◆ WORK INSTRUCTION ◆
Include in the output exactly the lines from the opening of the data through the line containing "InstallPrograms ps steps", and nothing more.

------ DATASET RECORDS

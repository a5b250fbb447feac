//! What a node and a world tell of their runs is found serial.

ghost use Rattle.std.specs.Prelude.{◌≤◌, length, List, Result, All};
ghost use Rattle.vm_shape.specs.declared.description.Description.{Description};
ghost use Rattle.mate_journal.specs.NodeReport.{IsNodeReport};
ghost use Rattle.mate_journal.specs.NodeScript.{Step, RunEnd};
ghost use Rattle.mate_journal.specs.Ranges.{HasReportRanges};
ghost use Rattle.mate_journal.specs.declared.program.Program.{Program};
ghost use Rattle.mate_journal.specs.declared.report.Report.{Report};
ghost use Rattle.node_programs.specs.ScriptSteps.{IsProgramOf, steps_of};
ghost use Rattle.node_programs.specs.Sources.{meaning_by};
ghost use Rattle.node_programs.specs.WorldPrograms.{AreProgramsOfWorld};
ghost use Rattle.script_steps.specs.Steps.{NodeScript};
ghost use Rattle.script_steps.specs.declared.world.World.{World as Script};
ghost use Rattle.report_writer.specs.Text.{text};
ghost use Rattle.report_writer.specs.Tidy.{IsTidy};
ghost use Rattle.report_text.specs.Parts.{IsSameReport};
ghost use Rattle.report_text.specs.Reads.{ReadsReport};
ghost use Rattle.report_text.specs.declared.fault.TextFault.{TextFault};
ghost use Rattle.world_rules.specs.Report.{IsWorldReport};
ghost use Rattle.world_run_laws.specs.SourceWorld.{source_world};
ghost use Rattle.audit_rules.specs.Verdicts.{IsVerdict};
ghost use Rattle.mate_journal.specs.declared.law.Verdict.{Verdict};
ghost use Rattle.mate_journal.specs.declared.law.Verdict.TheVariants.{Serial};
ghost use Rattle.command_laws.specs.NodeInstalls.{InstallPrograms};
ghost use Rattle.command_laws.specs.Reading.{IsReadWith};

/// What a node tells of the steps of a script is serial for the programs that the steps install, however its run ends: whole, at
/// a full log, or cut from outside. The steps of a script install its programs, if each is of its line.
pub fn node_reports_are_serial()
    ensures steps { (d : Description) (ps : List Program) (steps : List Step) (how : RunEnd) (r : Report) →
        InstallPrograms ps steps → IsNodeReport d (meaning_by d ps) steps how r → IsVerdict d ps r Serial }
    ensures installs { (script : NodeScript) (ps : List Program) → All (IsProgramOf ps) script.steps
        → InstallPrograms ps (steps_of script ps) }
{}

/// What the nodes of a world tell is serial for the programs that its script injects, however its run ends.
pub fn world_reports_are_serial()
    ensures { (d : Description) (script : Script) (ps : List Program) (how : RunEnd) (r : Report) →
        AreProgramsOfWorld d script ps → IsWorldReport (source_world d script ps) how r → IsVerdict d ps r Serial }
{}

/// A report that is read back from its text has the verdict that it had; and the text of a tidy report whose numbers are in the ranges of
/// their types is read, where it has at most 4,000,000,000 bytes, but for want of memory.
pub fn verdicts_are_read_back()
    ensures same { (d : Description) (ps : List Program) (x r : Report) (v : Verdict) → IsSameReport x r → IsVerdict d ps r v
        → IsVerdict d ps x v }
    ensures text { (d : Description) (ps : List Program) (r : Report) (v : Verdict) (answer : Result Report TextFault) →
        length (text d r) ≤ 4000000000 → IsTidy d r → HasReportRanges r → IsVerdict d ps r v → ReadsReport d (text d r) answer
        → IsReadWith d ps v answer }
{}
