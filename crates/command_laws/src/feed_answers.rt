//! The law that the answers to the frames of a stream are those of a node's `install`, frame by frame.

ghost use Rattle.std.specs.Prelude.{◌≡◌, ℕ, List};
ghost use Rattle.vm_shape.specs.declared.description.Description.{Description};
ghost use Rattle.mate_journal.specs.Journal.{first_state};
ghost use Rattle.node_state.specs.Meaning.{machine_in};
ghost use Rattle.slip_gateway.specs.Stream.{frames};
ghost use Rattle.command_documents.specs.FeedAnswers.{answers_to};
ghost use Rattle.command_documents.specs.declared.answer.Answer.{Answer};
ghost use Rattle.command_laws.specs.Installing.{AreAnswered};

/// The answers of a new node's `install` to the frames of a stream, called on one after another, are the stream's answers.
pub fn answers_are_of_install()
    ensures { (d : Description) (bytes : List ℕ) (told : List Answer) → AreAnswered d (first_state (machine_in d)) (frames bytes) told
        → told ≡ answers_to d bytes }
{}
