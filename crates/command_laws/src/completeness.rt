//! Completeness: words and steady files are owed one answer, unless memory runs out.

ghost use Rattle.std.specs.Prelude.{◌≡◌, List, ℕ, Bool};
ghost use Rattle.mate_files.specs.Files.{Names};
ghost use Rattle.command_documents.specs.Check.{check};
ghost use Rattle.command_documents.specs.Compile.{compile};
ghost use Rattle.command_laws.specs.Completed.{Completes, IsUnhindered};
ghost use Rattle.command_documents.specs.Expand.{expand};
ghost use Rattle.command_documents.specs.Feed.{feed};
ghost use Rattle.mate_cli.specs.Audit.{audit};
ghost use Rattle.mate_cli.specs.Ends.{CallEnds, Owes, Sinks, task};
ghost use Rattle.command_documents.specs.Owed.{Owed};
ghost use Rattle.command_refusals.specs.declared.status.Status.{Status};
ghost use Rattle.mate_cli.specs.Node.{node};
ghost use Rattle.mate_cli.specs.Worlds.{made_run, sim};
ghost use Rattle.command_steps.specs.OneAnswer.{AnswersAgree, steady};
ghost use Rattle.command_steps.specs.Parts.{Folder};
ghost use Rattle.command_laws.specs.SameText.{SameText};
ghost use Rattle.command_laws.specs.Texts.{IsOutputText};
ghost use Rattle.command_documents.specs.Table.{opcode_table};

use report_laws::script_has_one_report;

/// Words name one task, or none.
pub fn words_have_one_task()
    ensures { (words : List (List ℕ)) → AnswersAgree ◌≡◌ (task words) (task words) }
{}

/// The command `table` has one answer if the files are steady, unless memory runs out.
pub fn table_has_one_answer()
    ensures { (names : Names) (vm : List ℕ) → AnswersAgree SameText (opcode_table (steady names) vm) (opcode_table (steady names) vm) }
{}

/// The command `compile` has one answer if the files are steady, unless memory runs out.
pub fn compile_has_one_answer()
    ensures { (names : Names) (fold : Bool) (vm handler : List ℕ) (version : ℕ) (name : List ℕ)
        → AnswersAgree SameText (compile (steady names) fold vm handler version name)
        (compile (steady names) fold vm handler version name) }
{}

/// The command `check` has one answer if the files are steady, unless memory runs out.
pub fn check_has_one_answer()
    ensures { (names : Names) (vm name : List ℕ) → AnswersAgree SameText (check (steady names) vm name) (check (steady names) vm name) }
{}

/// The command `expand` has one answer if the files are steady, unless memory runs out.
pub fn expand_has_one_answer()
    ensures { (names : Names) (name : List ℕ) → AnswersAgree SameText (expand (steady names) name) (expand (steady names) name) }
{}

/// The command `feed` has one answer if the files are steady, unless memory runs out.
pub fn feed_has_one_answer()
    ensures { (names : Names) (vm name : List ℕ) → AnswersAgree SameText (feed (steady names) vm name) (feed (steady names) vm name) }
{}

/// The command `node` has one answer if the files are steady, unless memory runs out: one run, or one summary.
pub fn node_has_one_answer()
    ensures { (names : Names) (fold short : Bool) (vm name : List ℕ)
        → AnswersAgree SameText (node (steady names) fold short vm name) (node (steady names) fold short vm name) }
{}

/// The command `sim` has one answer if the files are steady, unless memory runs out: the run of one world, or one summary.
pub fn sim_has_one_answer()
    ensures { (names : Names) (fold short : Bool) (vm name : List ℕ)
        → AnswersAgree SameText (sim (steady names) fold short vm name) (sim (steady names) fold short vm name) }
{
    script_has_one_report();
}

/// The same for the command `gen`.
pub fn made_run_has_one_answer()
    ensures { (names : Names) (fold short : Bool) (number : ℕ) (vm : List ℕ)
        → AnswersAgree SameText (made_run (steady names) fold short number vm) (made_run (steady names) fold short number vm) }
{
    script_has_one_report();
}

/// The command `audit` has one answer if the files are steady, unless memory runs out: programs that can't be told
/// apart judge the same journals alike, whatever room is left in the logs that were read.
pub fn audit_has_one_answer()
    ensures { (names : Names) (fold : Bool) (vm script report : List ℕ)
        → AnswersAgree SameText (audit (steady names) fold vm script report) (audit (steady names) fold vm script report) }
{}

/// Words and steady files are owed one output or one refusal, unless memory runs out.
pub fn words_have_one_answer()
    ensures { (names : Names) (words : List (List ℕ)) → AnswersAgree SameText (Owes (steady names) words) (Owes (steady names) words) }
{
    script_has_one_report();
}

/// Outputs that are the same have one text: so have all reports of one run that ended by itself.
pub fn same_outputs_have_one_text()
    ensures { (o o' : Owed) → SameText o o' → (full full' : Bool) (bs bs' : List ℕ) → IsOutputText full o bs → IsOutputText full' o' bs'
        → bs ≡ bs' }
{
    script_has_one_report();
}

/// If words and the bytes of the files are owed no refusal, no file fails to be read and the output's sink doesn't
/// fail, the call comes to its end: the whole text was written, or that of a run that a full log ended, or memory ran
/// out. So a body that always returns another status doesn't meet the contract of `mate`.
pub fn owed_output_comes()
    ensures { (f : Folder) (names : Names) (words : List (List ℕ)) (before now : ℕ) (s t : Sinks) (status : Status)
        → IsUnhindered f names words before now s t
        → CallEnds f words before now s t status → Completes names words s t status }
{}
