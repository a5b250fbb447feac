//! The law that `audit` finds serial what a run wrote.

ghost use Rattle.std.specs.Prelude.{◌≡◌, ◌≤◌, List, ℕ, Bool, false, length, codes, Some, Result, Ok};
ghost use Rattle.mate_files.specs.declared.files.TheConstants.{FILE_MAX};
ghost use Rattle.command_laws.specs.Texts.{IsOutputText};
ghost use Rattle.mate_cli.specs.Audit.{audit};
ghost use Rattle.mate_cli.specs.Node.{node};
ghost use Rattle.mate_cli.specs.Worlds.{sim};
ghost use Rattle.command_documents.specs.Owed.{Owed, writes};
ghost use Rattle.mate_files.specs.Files.{Names};
ghost use Rattle.command_refusals.specs.declared.refusal.Refusal.{Refusal};
ghost use Rattle.command_steps.specs.OneAnswer.{steady};

/// `audit` finds serial what `node` and `sim` wrote. Suppose that the files are steady, the command owes a run, a text is
/// that of the run's whole report or of the one up to where its log was full, and a file holds this text, of
/// 1,048,576 bytes or less: then `audit` with the same machine, the same script and this file owes `serial` and a
/// line feed, unless memory runs out.
pub fn written_runs_are_found_serial()
    ensures nodes { (names : Names) (fold : Bool) (vm script report : List ℕ) (o : Owed) (full : Bool) (bs : List ℕ)
        (answer : Result Owed Refusal) →
        node (steady names) fold false vm script (Ok o) → IsOutputText full o bs → names report ≡ Some bs → length bs ≤ FILE_MAX
        → audit (steady names) fold vm script report answer → writes (codes "serial\n") answer }
    ensures worlds { (names : Names) (fold : Bool) (vm script report : List ℕ) (o : Owed) (full : Bool) (bs : List ℕ)
        (answer : Result Owed Refusal) →
        sim (steady names) fold false vm script (Ok o) → IsOutputText full o bs → names report ≡ Some bs → length bs ≤ FILE_MAX
        → audit (steady names) fold vm script report answer → writes (codes "serial\n") answer }
{}
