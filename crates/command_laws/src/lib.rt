//! Laws of the program's call: words and steady files are owed one answer, and an output that is owed comes; `audit` finds serial
//! what a run wrote; an expanded text means what its source does; the answers to a stream's frames are those of a new node.
#![tactic(auto)]

pub mod audits;
pub mod completeness;
pub mod expanded_texts;
pub mod feed_answers;
pub mod serial_reports;

pub use expanded_texts::{compiled_law, derivation_law, text_law};
pub use feed_answers::answers_are_of_install;
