//! Laws: an expansion is a plain script, and its text means what the source with procedures does.

ghost use Rattle.std.specs.Prelude.{ℕ, List};
ghost use Rattle.ts_trees.specs.Derived.{IsDerived, IsDerivedWithProcedures};
ghost use Rattle.ts_trees.specs.Tree.{ProcedureSource};
ghost use Rattle.ts_proc_names.specs.Named.{written_of};
ghost use Rattle.ts_proc_names.specs.declared.named.PScript.{PScript};
ghost use Rattle.ts_proc_expansion.specs.Expansion.{expansion};
ghost use Rattle.ts_proc_texts.specs.Reading.{IsProcedureText};
ghost use Rattle.command_laws.specs.ExpansionText.{SpellsExpansion, IsAcceptedAsExpanded, TextMeansIt};
ghost use Rattle.command_laws.specs.CompiledText.{CompilesAsSource};

use ts_lexer::print_law;
use ts_parser::verdict_law;

/// The law of derivation: the expansion of a script that the grammar with procedures derives is a plain script that the plain
/// grammar derives.
pub fn derivation_law()
    ensures { (s : ProcedureSource) → IsDerivedWithProcedures s → IsDerived (expansion s) }
{}

/// The law of an expansion's text, for a script with procedures that some text spells and whose names pass. If none
/// of its tokens is nested too deep, the text spells the expansion except for its places. A machine accepts the text
/// exactly if that is so and the checks of the expansion pass, and then with their tree. Any such tree runs as the
/// script does with frames. The text may be longer than 1,048,576 bytes, the most that a source's file has; then no
/// command reads it.
pub fn text_law()
    ensures spells { (bytes : List ℕ) (script : PScript) → IsProcedureText bytes (written_of script) → SpellsExpansion (written_of script) }
    ensures accepted { (bytes : List ℕ) (script : PScript) → IsProcedureText bytes (written_of script)
        → IsAcceptedAsExpanded (written_of script) }
    ensures means { (bytes : List ℕ) (script : PScript) → IsProcedureText bytes (written_of script) → TextMeansIt (written_of script) }
{
    print_law();
    verdict_law();
}

/// The law of compiled expansions: if the step of `expand` gives a plain script for the bytes of a source, and the
/// step of `compile` gives code for the text of that script, folded or not, the verifier finds code in its bytes that
/// runs as the source does with frames, for every store, message, list of answers and number of turns.
pub fn compiled_law()
    ensures { CompilesAsSource }
{
    text_law();
}
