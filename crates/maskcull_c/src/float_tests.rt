//! Meshes and boxes of floats: what a quad hides, what is beside the screen, and what is refused.
use super::*;
use crate::tests::FOUR_TILES;
use cull_base::ScreenTri;
use masked_update::TileState;
use std::test::Fail;

const ONE: u32 = 0x3f80_0000;

const TWO: u32 = 0x4000_0000;

const FOUR: u32 = 0x4080_0000;

const FIVE: u32 = 0x40a0_0000;

const FORTY: u32 = 0x4220_0000;

const MINUS_ONE: u32 = 0xbf80_0000;

const MINUS_FOUR: u32 = 0xc080_0000;

const NO_NUMBER: u32 = 0x7fc0_0000;

// x, y and the distance z from the eye; near is 1, and a pixel counts as a whole.
const VIEW: View = View {
    rows: [ONE, 0, 0, 0, 0, ONE, 0, 0, 0, 0, ONE, 0],
    near_distance: ONE,
    reach: 8,
    share: 0,
    stride: 3,
    width: 64,
    height: 16,
};

// A quad at distance 2, twice as wide and as high as the screen.
const WALL: [u32; 12] = [
    MINUS_FOUR, FOUR, TWO, FOUR, FOUR, TWO, FOUR, MINUS_FOUR, TWO, MINUS_FOUR, MINUS_FOUR, TWO,
];

const HALVES: [Triangle; 2] = [Triangle { a: 0, b: 1, c: 2 }, Triangle { a: 0, b: 2, c: 3 }];

const UNWRITTEN: PieceRoom = PieceRoom {
    x: [0; 3],
    y: [0; 3],
    q: [0; 3],
};

const NO_POINT: Scratch = Scratch {
    held: [0; 3],
    state: [7; 2],
};

// Sets the wall up and draws it. How many pieces it has.
fn draw_wall(tiles: &mut [TileState], view: &View) -> Result<usize, &'static str> {
    let mut room = [UNWRITTEN; 14];
    let mut scratch = [NO_POINT; 4];
    let mut count = 0;
    if maskcull_set_up_floats(
        &FOUR_TILES,
        view,
        &WALL,
        &HALVES,
        &mut scratch,
        &mut room,
        &mut count,
    ) != DONE
    {
        return Err("a mesh");
    }
    for written in room.iter().take(count) {
        let tri = ScreenTri::new(written.x, written.y, written.q).ok_or("a piece")?;
        if maskcull_draw_pieces(&FOUR_TILES, tiles, 0, &[ListedPiece::of(&tri)]) != DONE {
            return Err("a piece");
        }
    }
    Ok(count)
}

#[test]
fn a_box_behind_a_wall_is_occluded(rt: HostRuntime) -> Result<(), Fail> {
    let mut tiles = [TileState::empty(); 4];
    assert_eq!(rt; draw_wall(&mut tiles, &VIEW)?, 2);
    hidden_in_picture();
    nearer_than_all();
    let behind = Bounds {
        low: [MINUS_ONE, MINUS_ONE, FOUR],
        high: [ONE, ONE, FIVE],
    };
    let before = Bounds {
        low: [MINUS_ONE, MINUS_ONE, ONE],
        ..behind
    };
    let beside = Bounds {
        low: [FORTY, MINUS_ONE, FOUR],
        high: [FORTY, ONE, FIVE],
    };
    assert_eq!(rt;
        maskcull_test_box_floats(&FOUR_TILES, &tiles, &VIEW, &behind),
        OCCLUDED
    );
    assert_eq!(rt;
        maskcull_test_box_floats(&FOUR_TILES, &tiles, &VIEW, &before),
        VISIBLE
    );
    assert_eq!(rt;
        maskcull_test_box_floats(&FOUR_TILES, &tiles, &VIEW, &beside),
        OUTSIDE
    );
    assert_eq!(rt;
        maskcull_test_box_floats(&FOUR_TILES, &tiles[..3], &VIEW, &beside),
        BAD_TILES
    );
    Ok(())
}

#[test]
fn a_mesh_with_a_triangle_before_a_wall_is_visible(rt: HostRuntime) -> Result<(), Fail> {
    let mut tiles = [TileState::empty(); 4];
    assert_eq!(rt; draw_wall(&mut tiles, &VIEW)?, 2);
    let positions = [
        MINUS_ONE, ONE, FOUR, ONE, ONE, FIVE, 0, MINUS_ONE, FOUR, 0, 0, ONE, NO_NUMBER, 0, FOUR,
    ];
    let behind = Triangle { a: 0, b: 1, c: 2 };
    let before = Triangle { a: 0, b: 1, c: 3 };
    let unknown = Triangle { a: 0, b: 1, c: 4 };
    let test = |triangles: &[Triangle]| maskcull_test_mesh_floats(
        &FOUR_TILES,
        &tiles,
        &VIEW,
        &positions,
        triangles,
    );
    assert_eq!(rt; test(&[behind]), OCCLUDED);
    assert_eq!(rt; test(&[behind, before]), VISIBLE);
    assert_eq!(rt; test(&[behind, unknown]), VISIBLE);
    assert_eq!(rt; test(&[]), OUTSIDE);
    assert_eq!(rt; test(&[Triangle { a: 0, b: 1, c: 5 }]), BAD_INDEX);
    Ok(())
}

#[test]
fn a_near_distance_that_is_no_number_draws_nothing(rt: HostRuntime) -> Result<(), Fail> {
    let mut tiles = [TileState::empty(); 4];
    let view = View {
        near_distance: NO_NUMBER,
        ..VIEW
    };
    assert_eq!(rt; draw_wall(&mut tiles, &view)?, 0);
    let wrong = View { stride: 2, ..VIEW };
    let all = Bounds {
        low: [0; 3],
        high: [ONE; 3],
    };
    assert_eq!(rt;
        maskcull_test_box_floats(&FOUR_TILES, &tiles, &view, &all),
        VISIBLE
    );
    assert_eq!(rt;
        maskcull_test_box_floats(&FOUR_TILES, &tiles, &wrong, &all),
        BAD_SETUP
    );
    Ok(())
}
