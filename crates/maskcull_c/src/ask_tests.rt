//! What stands behind, at and before a piece that fills a screen of 32 by 8 at three times the near distance 1. Its
//! nearness is 65535 / 3 = 21845; at w = 4 an object has 16384, at w = 2 it has 32768.
use super::*;
use crate::tests::{SETUP, area, setup};
use cull_base::{ScreenTri, Size};
use masked_update::TileState;
use std::test::Fail;

fn tiles() -> Result<[TileState; 1], &'static str> {
    let size = Size::new(32, 8).ok_or("a size")?;
    let piece = ScreenTri::new([0, 2048, 0], [0, 0, 2048], [21845; 3]).ok_or("a piece")?;
    let mut tile = TileState::empty();
    tile.take(&piece, size, 0);
    Ok([tile])
}

// The answer to a rectangle.
fn rectangle(x0: i32, y0: i32, x1: i32, y1: i32, w: i32) -> Result<u32, &'static str> {
    Ok(maskcull_test(&SETUP, &tiles()?, &area(x0, y0, x1, y1), w))
}

fn at(x: i32, y: i32, w: i32) -> Vertex {
    Vertex { x, y, w }
}

// The answer to a box between two corners, as the identity camera sees it; the corners come in no order.
fn block(low: [i32; 3], high: [i32; 3]) -> Result<u32, &'static str> {
    let (near, far) = (low[2], high[2]);
    let corners = [
        at(high[0], high[1], far),
        at(high[0], low[1], near),
        at(low[0], high[1], near),
        at(high[0], high[1], near),
        at(low[0], low[1], far),
        at(high[0], low[1], far),
        at(low[0], high[1], far),
        at(low[0], low[1], near),
    ];
    Ok(maskcull_test_box(&SETUP, &tiles()?, &Corners { corners }))
}

const ONE: Triangle = Triangle { a: 0, b: 1, c: 2 };

const NEXT: Triangle = Triangle { a: 0, b: 2, c: 3 };

// The answer to a mesh.
fn mesh(vertices: &[Vertex], triangles: &[Triangle]) -> Result<u32, &'static str> {
    Ok(maskcull_test_mesh(&SETUP, &tiles()?, vertices, triangles))
}

#[test]
fn a_rectangle_is_occluded_only_behind_what_was_drawn(rt: HostRuntime) -> Result<(), Fail> {
    assert_eq!(rt; rectangle(0, 0, 32, 8, 4)?, OCCLUDED);
    assert_eq!(rt; rectangle(-100, -100, 100, 100, 4)?, OCCLUDED);
    assert_eq!(rt; rectangle(0, 0, 32, 8, 3)?, VISIBLE);
    assert_eq!(rt; rectangle(5, 5, 6, 6, 2)?, VISIBLE);
    assert_eq!(rt; rectangle(5, 5, 6, 6, 0)?, VISIBLE);
    Ok(())
}

#[test]
fn a_rectangle_without_a_pixel_in_the_screen_is_outside(rt: HostRuntime) -> Result<(), Fail> {
    assert_eq!(rt; rectangle(32, 0, 40, 8, 4)?, OUTSIDE);
    assert_eq!(rt; rectangle(0, 0, 32, 0, 4)?, OUTSIDE);
    assert_eq!(rt; rectangle(-8, 0, 0, 8, 0)?, OUTSIDE);
    Ok(())
}

#[test]
fn a_box_is_as_near_as_its_nearest_corner(rt: HostRuntime) -> Result<(), Fail> {
    assert_eq!(rt; block([-1, -1, 4], [1, 1, 8])?, OCCLUDED);
    assert_eq!(rt; block([-1, -1, 3], [1, 1, 8])?, VISIBLE);
    assert_eq!(rt; block([-1, -1, 0], [1, 1, 8])?, VISIBLE);
    assert_eq!(rt; block([-1, -1, -8], [1, 1, 0])?, OUTSIDE);
    assert_eq!(rt; block([20, -1, 4], [21, 1, 8])?, OUTSIDE);
    Ok(())
}

#[test]
fn a_mesh_is_occluded_where_each_of_its_triangles_is(rt: HostRuntime) -> Result<(), Fail> {
    let four = [at(-4, 4, 4), at(4, 4, 4), at(4, -4, 4), at(-1, -1, 1)];
    assert_eq!(rt; mesh(&four, &[ONE])?, OCCLUDED);
    assert_eq!(rt; mesh(&four, &[ONE, NEXT])?, VISIBLE);
    let equal = [at(-3, 3, 3), at(3, 3, 3), at(3, -3, 3)];
    assert_eq!(rt; mesh(&equal, &[ONE])?, VISIBLE);
    let past_guard = [at(-4, 4, 4), at(16385, 4, 4), at(-4, -16384, 4)];
    assert_eq!(rt; mesh(&past_guard, &[ONE])?, VISIBLE);
    Ok(())
}

#[test]
fn a_mesh_that_nothing_shows_is_outside(rt: HostRuntime) -> Result<(), Fail> {
    let behind = [at(-4, 4, 0), at(4, 4, 0), at(4, -4, -1)];
    assert_eq!(rt; mesh(&behind, &[ONE])?, OUTSIDE);
    assert_eq!(rt; mesh(&behind, &[])?, OUTSIDE);
    let beside = [at(12, 4, 4), at(16, 4, 4), at(16, -4, 4)];
    assert_eq!(rt; mesh(&beside, &[ONE])?, OUTSIDE);
    Ok(())
}

#[test]
fn what_is_asked_wrongly_is_refused(rt: HostRuntime) -> Result<(), Fail> {
    let (screen, tiles) = (area(0, 0, 32, 8), tiles()?);
    let corners = Corners {
        corners: [at(0, 0, 4); 8],
    };
    let three = [at(-4, 4, 4), at(4, 4, 4), at(4, -4, 4)];
    for (width, height, near, status) in [
        (20, 8, 1, BAD_SETUP),
        (32, 8, 0, BAD_SETUP),
        (32, 16, 1, BAD_TILES),
    ] {
        let wrong = setup(width, height, near, 0);
        assert_eq!(rt; maskcull_test(&wrong, &tiles, &screen, 4), status);
        assert_eq!(rt; maskcull_test_box(&wrong, &tiles, &corners), status);
        assert_eq!(rt; maskcull_test_mesh(&wrong, &tiles, &three, &[NEXT]), status);
    }
    assert_eq!(rt; mesh(&three, &[ONE, NEXT])?, BAD_INDEX);
    Ok(())
}

// A wall over the screen at distance 4000, near distance 16: nearness 67108, and 262 in the narrow grade. At 4001 an
// area has 67093, and 263 there; at 4000 it has 67109 and 263.
#[test]
fn an_area_just_behind_a_wall_is_hidden_in_the_wide_grade(rt: HostRuntime) {
    let wall = [
        at(-4000, 4000, 4000),
        at(4000, 4000, 4000),
        at(4000, -4000, 4000),
        at(-4000, -4000, 4000),
    ];
    let screen = area(0, 0, 32, 8);
    for (winding, behind) in [(WIDE, OCCLUDED), (WIDE + 2, OCCLUDED), (0, VISIBLE)] {
        let asked = setup(32, 8, 16, winding);
        let mut tiles = [TileState::empty(); 1];
        assert_eq!(rt;
            maskcull_draw(&asked, &mut tiles, &wall, &[ONE, NEXT]),
            DONE
        );
        assert_eq!(rt; maskcull_test(&asked, &tiles, &screen, 4001), behind);
        assert_eq!(rt; maskcull_test(&asked, &tiles, &screen, 4000), VISIBLE);
        let beyond = [
            at(-4001, 4001, 4001),
            at(4001, 4001, 4001),
            at(4001, -4001, 4001),
            at(-4001, -4001, 4001),
        ];
        assert_eq!(rt;
            maskcull_test_mesh(&asked, &tiles, &beyond, &[ONE, NEXT]),
            behind
        );
    }
}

------------

◆ EXPECTED ANSWER ◆
repository a5b250fbb447feac
//! What a node and a world tell of their runs is found serial.

ghost use Rattle.std.specs.Prelude.{◌≤◌, length, List, Result, All};
ghost use Rattle.vm_shape.specs.declared.description.Description.{Description};
ghost use Rattle.mate_journal.specs.NodeReport.{IsNodeReport};
ghost use Rattle.mate_journal.specs.NodeScript.{Step, RunEnd};
ghost use Rattle.mate_journal.specs.Ranges.{HasReportRanges};
ghost use Rattle.mate_journal.specs.declared.program.Program.{Program};
ghost use Rattle.mate_journal.specs.declared.report.Report.{Report};
ghost use Rattle.node_programs.specs.ScriptSteps.{IsProgramOf, steps_of};
ghost use Rattle.node_programs.specs.Sources.{meaning_by};
ghost use Rattle.node_programs.specs.WorldPrograms.{AreProgramsOfWorld};
ghost use Rattle.script_steps.specs.Steps.{NodeScript};
ghost use Rattle.script_steps.specs.declared.world.World.{World as Script};
ghost use Rattle.report_writer.specs.Text.{text};
ghost use Rattle.report_writer.specs.Tidy.{IsTidy};
ghost use Rattle.report_text.specs.Parts.{IsSameReport};
ghost use Rattle.report_text.specs.Reads.{ReadsReport};
ghost use Rattle.report_text.specs.declared.fault.TextFault.{TextFault};
ghost use Rattle.world_rules.specs.Report.{IsWorldReport};
ghost use Rattle.world_run_laws.specs.SourceWorld.{source_world};
ghost use Rattle.audit_rules.specs.Verdicts.{IsVerdict};
ghost use Rattle.mate_journal.specs.declared.law.Verdict.{Verdict};
ghost use Rattle.mate_journal.specs.declared.law.Verdict.TheVariants.{Serial};
ghost use Rattle.command_laws.specs.NodeInstalls.{InstallPrograms};
ghost use Rattle.command_laws.specs.Reading.{IsReadWith};

/// What a node tells of the steps of a script is serial for the programs that the steps install, however its run ends: whole, at
/// a full log, or cut from outside. The steps of a script install its programs, if each is of its line.
pub fn node_reports_are_serial()
    ensures steps { (d : Description) (ps : List Program) (steps : List Step) (how : RunEnd) (r : Report) →
        InstallPrograms ps steps → IsNodeReport d (meaning_by d ps) steps how r → IsVerdict d ps r Serial }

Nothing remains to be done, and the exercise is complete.